Palm Sunday at Home and Every CAY Printable for Holy Week

by | Apr 3, 2020 | Lent, Lent, Liturgical Living, Seasonal | 6 comments

Palm Sunday is tomorrow you guys! I’m inadvertently VERY prepared for an at home Holy Week and Easter, but definitely mourning the prospect. The images of Palm Sunday from old picture Bibles are kinda punching me in the gut right now.

The sea of humanity, the crowd, the bustle! It all seems so foreign right now. None of this 👆 or this 👇 in 2020.

Instead, we’re preparing for Holy Week and Easter at home. I’ve got this post with all of our Holy Week traditions, and 90% of them were at home any way, so if you’re looking to use sheltering at home to start some new traditions, check ‘er out.

The “You Can Still Do This” Guide to All Things Holy Week

I know this pandemic and the associated social distancing is troubling and inconvenient and stressful and even scary. But it also has the potential to be a time when we can come together in our domestic churches and create beautiful moments and beautiful memories of these holy days, all from the comfort/crazy of home.

But Palm Sunday has always revolved around Mass: the blessed palms, the dramatic reading of the Passion. How to manage THAT at home?

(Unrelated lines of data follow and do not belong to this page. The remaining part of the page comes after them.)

//! The byte order mark of a source.

ghost use Rattle.std.specs.Prelude.{◌≡◌, ◌+◌, ◌<◌, ◌≤◌, ◌^◌, chars, length};
ghost use Rattle.wgsl_model.specs.Tokens.TokenList.{width};
ghost use Rattle.wgsl_model_tidy.specs.Formatted as model;
ghost use Rattle.wgsl_model_tidy.specs.Syntax.{fault_after};
ghost use Rattle.wgsl_error.specs.View.{fault_view};
ghost use Rattle.wgsl_error.specs.declared.ErrorKind.TheVariants as kinds;

use wgsl_error::{Error, ErrorKind};
use wgsl_span::Span;

/// How many bytes the byte order mark of a source has, or 0, and the text after it.
pub(crate) fn split_mark(source: &str) -> (usize, &str)
    ensures text { chars result.1.now ≡ model.unmarked (chars source.now) }
    ensures width { result.0 ≡ width (model.mark_of (chars source.now)) }
    ensures whole { result.0 + length result.1.now ≡ length source.now }
{
    match source.strip_prefix('\u{feff}') {
        Some(text) => (source.len() - text.len(), text),
        None => (0, source),
    }
}

/// An error in the text after a number of bytes of a source, with its place in the source. That
/// allocation failed has no place.
pub(crate) fn error_after(bytes: usize, error: Error) -> Error
    requires end { bytes + error.span.end < 2 ^ 64 }
    requires start { error.span.start ≤ error.span.end }
    ensures memory { error.error ≡ kinds.OutOfMemory → result ≡ error }
    ensures fault { ¬ (error.error ≡ kinds.OutOfMemory) →
        fault_view result ≡ fault_after bytes (fault_view error) }
{
    if matches!(error.error, ErrorKind::OutOfMemory) {
        return error;
    }
    Error {
        span: Span {
            start: bytes + error.span.start,
            end: bytes + error.span.end,
        },
        error: error.error,
    }
}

I started getting questions about at home versions of these things, and at first, I didn’t think it would be possible. The palms we receive at Palm Sunday Masses are blessed by a priest, and become sacramentals. Lay people cannot create sacramentals. However, we are allowed to ask God’s blessing on things over which we have dominion, like our homes and our children and our . . . branches, right? Right. So, I asked a trusted priest and he thought it COULD be done. I went looking for an appropriate blessing, and found it in the USCCB’s book: Catholic Household Blessings and Prayers.

Under normal conditions, this rite is used for placing already blessed palms in a place of honor in the home. Hopefully that’s what we’ll use these prayers for NEXT year. This year, however, with the addition of some holy water, if you have it, and some waving and processing about the yard and/or house, it makes a good at home approximation of the beautiful reenactments of Jesus’ Entry into Jerusalem.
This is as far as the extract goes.